Stuff like this just shows that Ibanez is the fucking best...


----------



## Divinehippie (Sep 6, 2012)

yeah it doesn't really do it for me in the looks depo. as has been said +1 to the bridge/headstock comments. i'm sure it plays nice though.


----------



## Bevo (Sep 6, 2012)

I imaging that both the bridge and headstock really ad to its tone, maybe thats why they are so big.

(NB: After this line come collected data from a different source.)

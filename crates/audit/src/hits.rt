//! The hits of two ports while two drivers map and unmap, compared with the history that is handed out.

ghost use Rattle.manager.specs.Kept.{IsNamedBy};

use checker::Checker;
use dmatypes::{Access, Call, Event, Mode, PAGE_BYTES, Reply, Whim, Width};
use manager::*;
use std::alloc::{AllocError, Global};
use std::marker::Brand;
use std::process::Abort;
use std::sync::Wait;
use std::test::Fail;
use std::thread::{Threads, join};

const TABLE_FRAMES: u64 = 64;

// How many rounds a device goes, and how many calls a driver makes.
const ROUNDS: u64 = 400;

const DRIVEN: u64 = 1000;

// The devices, whose ports are the last ones: the first is of a strict domain, the second of a lazy one.
const STRICT: u64 = 15;

const LAZY: u64 = 14;

// The frame that a driver maps first.
const FIRST_FRAME: u64 = 0x1000;

// The pages that a device reads, 1 to 4: the first stays mapped, the others are the driver's.
const PAGES: u64 = 4;

// What a port answered to a read.
#[derive(Clone, Copy)]
struct Hit {
    address: u64,
    host: Option<u64>,
    count: u64,
}

// What a device noted of its port's answers: each of them, where memory sufficed.
#[derive(Drop)]
struct Notes {
    device: u64,
    hits: Vec<Hit>,
    are_whole: bool,
}

impl Notes {
    fn note(&mut self, hit: Hit) {
        self.are_whole &= self.hits.push(hit).is_ok();
    }
}

// What a device's thread owns: its port, a share for its requests, and what the port answered.
#[derive(Drop)]
struct Device<B: Owner> {
    port: Port<B>,
    share: Share<B>,
    notes: Notes,
}

impl<B: Owner> Device<B> {
    // Attaches the device to a domain with one page, and has the port answer a read of it.
    fn begin<R: Wait>(
        &mut self,
        rt: &R,
        manager: &Manager<B>,
        rows: &Rows<B>,
        mode: Mode,
        domain: u64,
    ) {
        let made = Call::Domain {
            mode,
            width: Width::W39,
        };
        let _ = manager.call(rt, rows, &mut self.share, made);
        let attach = Call::Attach {
            device: self.notes.device,
            domain,
        };
        let _ = manager.call(rt, rows, &mut self.share, attach);
        let _ = manager.call(rt, rows, &mut self.share, map_of(domain, 0x800));
        self.request(rt, manager, rows, PAGE_BYTES);
        self.hit(rows, PAGE_BYTES);
    }

    // One read by the port.
    fn hit(&mut self, rows: &Rows<B>, address: u64) {
        let (host, count) = self.port.hit(rows, address, Access::Read);
        self.notes.note(Hit {
            address,
            host,
            count,
        });
    }

    // One read through the unit's caches, which is remembered.
    fn request<R: Wait>(&mut self, rt: &R, manager: &Manager<B>, rows: &Rows<B>, address: u64) {
        let request = read_of(self.notes.device, address);
        let _ = manager.call(rt, rows, &mut self.share, request);
    }

    // Reads the pages by turns, by the port before and after each request.
    fn read_all<R: Wait>(&mut self, rt: &R, manager: &Manager<B>, rows: &Rows<B>) {
        for round in 0..ROUNDS {
            let address = PAGE_BYTES * (1 + round % PAGES) + round;
            self.hit(rows, address);
            self.request(rt, manager, rows, address);
            self.hit(rows, address);
        }
        manager.check_in(rt, rows, &mut self.share, &mut self.port);
    }
}

// A read through the unit's caches, which is remembered.
fn read_of(device: u64, address: u64) -> Call {
    Call::Dma {
        device,
        address,
        access: Access::Read,
        whim: Whim {
            look: true,
            fill: true,
        },
    }
}

// One page for reading and writing.
fn map_of(domain: u64, frame: u64) -> Call {
    Call::Map {
        domain,
        frame,
        pages: 1,
        order: 0,
        rights: 3,
    }
}

// Maps and unmaps a page by turns, each time to another frame, and now and then flushes the domain.
fn drive<B: Owner, R: Wait>(
    rt: &R,
    manager: &Manager<B>,
    rows: &Rows<B>,
    mut mine: Share<B>,
    domain: u64,
) -> Share<B> {
    let mut mapped = None;
    for turn in 0..DRIVEN {
        let call = driver_call(domain, turn, mapped);
        mapped = match manager.call(rt, rows, &mut mine, call) {
            Ok((_, Reply::Mapped(address))) => Some(address),
            _ => None,
        };
    }
    mine
}

// What is mapped is unmapped; else a page is mapped, or the domain flushed.
fn driver_call(domain: u64, turn: u64, mapped: Option<u64>) -> Call {
    match mapped {
        Some(address) => Call::Unmap {
            domain,
            address,
            pages: 1,
        },
        None if turn % 7 == 4 => Call::Flush { domain },
        None => map_of(domain, FIRST_FRAME.saturating_add(turn)),
    }
}

// A device's thread.
fn read_beside<B: Owner, R: Wait>(
    rt: &R,
    manager: &Manager<B>,
    rows: &Rows<B>,
    mut device: Device<B>,
) -> Device<B> {
    device.read_all(rt, manager, rows);
    device
}

#[test]
fn hits_stand_in_the_history(rt: HostRuntime) -> Result<(), Fail> {
    let config = Config::new(TABLE_FRAMES, 8 * ROUNDS, 4).ok_or("within the limits")?;
    let seed = Seed::new(rt.alloc(), config)?;
    audited::<Brand, _>(&rt, rt.alloc(), seed)
}

fn audited<B: Owner + Send + Sync, R: Threads + Wait + Abort + Sync>(
    rt: &R,
    alloc: Global,
    seed: Seed,
) -> Result<(), Fail>
    requires { IsNamedBy seed B.name B.parts B.shares B.room B.frames B.mode B.rows B.most B.handing }
{
    let Made {
        manager,
        rows,
        mut ports,
        mut shares,
        ..
    } = Manager::<B>::new(alloc, seed)?;
    if shares.len() != 4 {
        return Err(Fail::from("four shares"));
    }
    let mut strict = device_of(alloc, STRICT, ports.remove(15), shares.remove(3));
    let mut lazy = device_of(alloc, LAZY, ports.remove(14), shares.remove(2));
    strict.begin(rt, &manager, &rows, Mode::Strict, 1);
    lazy.begin(rt, &manager, &rows, Mode::Lazy, 2);
    let drivers = (shares.remove(1), shares.remove(0));
    let (drivers, devices) = all_at_once(rt, &manager, &rows, drivers, (strict, lazy));
    let (strict, lazy) = devices;
    for share in [drivers.0, drivers.1, strict.share, lazy.share] {
        shares.push(share)?;
    }
    let Ok(history) = manager.finish(&rows, shares) else {
        return Err(Fail::from("all shares are enough"));
    };
    judge(rt, alloc, history.events(), &strict.notes)?;
    judge(rt, alloc, history.events(), &lazy.notes)
}

// Asserts that a device's port went on answering by host addresses, and that the events allow each of its answers.
fn judge(rt: &impl Abort, alloc: Global, events: &[Event], notes: &Notes) -> Result<(), Fail> {
    assert!(rt; notes.are_whole);
    // The first hit came before the threads.
    assert!(rt; notes.hits.iter().skip(1).any(|hit| hit.host.is_some()));
    assert!(rt; are_allowed(alloc, events, notes.device, notes.hits.as_slice())?);
    Ok(())
}

// The drivers' threads beside those of the devices.
fn all_at_once<B: Owner + Send + Sync, R: Threads + Wait + Sync>(
    rt: &R,
    manager: &Manager<B>,
    rows: &Rows<B>,
    drivers: (Share<B>, Share<B>),
    devices: (Device<B>, Device<B>),
) -> ((Share<B>, Share<B>), (Device<B>, Device<B>)) {
    join(
        rt,
        || drive_both(rt, manager, rows, drivers),
        || read_both(rt, manager, rows, devices),
    )
}

// Two drivers, in a thread each.
fn drive_both<B: Owner + Send + Sync, R: Threads + Wait + Sync>(
    rt: &R,
    manager: &Manager<B>,
    rows: &Rows<B>,
    (one, two): (Share<B>, Share<B>),
) -> (Share<B>, Share<B>) {
    join(
        rt,
        || drive(rt, manager, rows, one, 1),
        || drive(rt, manager, rows, two, 2),
    )
}

// Two devices, in a thread each.
fn read_both<B: Owner + Send + Sync, R: Threads + Wait + Sync>(
    rt: &R,
    manager: &Manager<B>,
    rows: &Rows<B>,
    (strict, lazy): (Device<B>, Device<B>),
) -> (Device<B>, Device<B>) {
    join(
        rt,
        || read_beside(rt, manager, rows, strict),
        || read_beside(rt, manager, rows, lazy),
    )
}

// A device with its port and a share.
fn device_of<B: Owner>(alloc: Global, number: u64, port: Port<B>, share: Share<B>) -> Device<B> {
    Device {
        port,
        share,
        notes: Notes {
            device: number,
            hits: Vec::new(alloc),
            are_whole: true,
        },
    }
}

// Whether each host address that a device's port answered is allowed after some front of the events. It is no shorter than
// the count that came with the answer, and no longer than that of the port's next answer; and these events are legal.
fn are_allowed(
    alloc: Global,
    events: &[Event],
    device: u64,
    hits: &[Hit],
) -> Result<bool, AllocError> {
    let mut front = Front {
        events,
        seen: 0,
        checker: Checker::new(alloc, TABLE_FRAMES),
    };
    for (place, hit) in hits.iter().enumerate() {
        let most = match hits.get(place + 1) {
            Some(next) => next.count,
            None => events.len() as u64,
        };
        if hit.count > events.len() as u64 || !front.go_to(hit.count)? {
            return Ok(false);
        }
        if let Some(host) = hit.host {
            if !front.comes_to(device, hit.address, host, most)? {
                return Ok(false);
            }
        }
    }
    Ok(true)
}

// A front of the events, and the world that it leads to.
#[derive(Drop)]
struct Front<'a> {
    events: &'a [Event],
    seen: u64,
    checker: Checker,
}

impl Front<'_> {
    // Goes on to a front of this length; whether that is legal.
    fn go_to(&mut self, length: u64) -> Result<bool, AllocError> {
        for _ in self.seen..length {
            if let Some(event) = self.events.get(self.seen as usize) {
                if !self.checker.judge(&event.call, event.reply)? {
                    return Ok(false);
                }
                self.seen = self.seen.saturating_add(1);
            }
        }
        Ok(true)
    }

    // Goes on to the next front at which the read is allowed, no longer than the most; whether there is one.
    fn comes_to(
        &mut self,
        device: u64,
        address: u64,
        host: u64,
        most: u64,
    ) -> Result<bool, AllocError> {
        let read = read_of(device, address);
        for length in self.seen..=most {
            if !self.go_to(length)? {
                return Ok(false);
            }
            // A request leaves the world as it is.
            if self.checker.judge(&read, Reply::Host(host))? {
                return Ok(true);
            }
        }
        Ok(false)
    }
}

// A read of page 1 that came to a host frame, or to nothing, and the count that came with it.
fn read_at(frame: Option<u64>, count: u64) -> Hit {
    Hit {
        address: PAGE_BYTES + 0x234,
        host: frame.map(|frame| PAGE_BYTES.saturating_mul(frame).saturating_add(0x234)),
        count,
    }
}

// A domain with page 1 mapped to frame 0x800 at the third event, and unmapped at the fourth; the fifth flushes it.
fn short_history(alloc: Global, mode: Mode) -> Result<Vec<Event>, AllocError> {
    let released = match mode {
        Mode::Strict => 0,
        Mode::Lazy => 1,
    };
    let mut events = Vec::new(alloc);
    let attach = Call::Attach {
        device: 3,
        domain: 1,
    };
    let unmap = Call::Unmap {
        domain: 1,
        address: PAGE_BYTES,
        pages: 1,
    };
    for (call, reply) in [
        (
            Call::Domain {
                mode,
                width: Width::W39,
            },
            Reply::Made(1),
        ),
        (attach, Reply::Done),
        (map_of(1, 0x800), Reply::Mapped(PAGE_BYTES)),
        (unmap, Reply::Unmapped(0)),
        (Call::Flush { domain: 1 }, Reply::Flushed(released)),
    ] {
        events.push(Event { call, reply })?;
    }
    Ok(events)
}

// Hits that the history doesn't allow, beside such that it does.
#[test]
fn hits_are_judged(rt: HostRuntime) -> Result<(), Fail> {
    let there = Some(0x800);
    let rows: [(Mode, u64, &[Hit], bool); 11] = [
        (Mode::Strict, 3, &[read_at(there, 3)], true),
        (Mode::Strict, 3, &[read_at(there, 0)], true),
        (Mode::Strict, 3, &[read_at(Some(0x801), 0)], false),
        (Mode::Strict, 2, &[read_at(there, 3)], false),
        (Mode::Strict, 3, &[read_at(there, 4)], false),
        (
            Mode::Strict,
            3,
            &[read_at(None, 5), read_at(there, 5)],
            false,
        ),
        (
            Mode::Strict,
            3,
            &[read_at(None, 4), read_at(there, 3)],
            false,
        ),
        (
            Mode::Strict,
            3,
            &[read_at(there, 0), read_at(None, 2)],
            false,
        ),
        (Mode::Strict, 3, &[read_at(None, 6)], false),
        (Mode::Lazy, 3, &[read_at(there, 4)], true),
        (Mode::Lazy, 3, &[read_at(there, 5)], false),
    ];
    for (mode, device, hits, allowed) in rows {
        let events = short_history(rt.alloc(), mode)?;
        assert_eq!(rt;
            are_allowed(rt.alloc(), events.as_slice(), device, hits)?,
            allowed
        );
    }
    Ok(())
}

The pick guard look cool, I thought it may of been a print but it looks clear.


----------



## DjentDjentlalala (Sep 6, 2012)

I have the 4 string japanese version from the 90....and i was looking for a new 5 string,since I dont like my jazs bass much now.I love the ATKs


----------



## Malkav (Sep 6, 2012)

Don't care how it looks, these things seem to always have that beautiful ability to shit tone of mammoth proportions - would love this for recording


----------



## DjentDjentlalala (Sep 6, 2012)

yeah,sound wise they are pure fucking gold pouring from god's ass.


----------



## Origin (Sep 6, 2012)

Oh man, this looks great. Aside from the standard bridge ho-hum of course  maple board just sets it off.


----------



## TemjinStrife (Sep 6, 2012)

The giant bridge plate doesn't look so bad with the older, full-sized body and a contrasting pickguard:


----------



## Devyn Eclipse Nav (Sep 6, 2012)

Actually, looking at it now, I don't mind the bridge as much. But that headstock is still too big. I'd prefer my basses to not be able to be mistaken for boat paddles, thank you very much.


----------



## pushpull7 (Sep 8, 2012)

I think it's lovely, would look very nice next to my RG721!


----------



## pushpull7 (Sep 8, 2012)

Oooooooo, the 4 string is QUITE affordable!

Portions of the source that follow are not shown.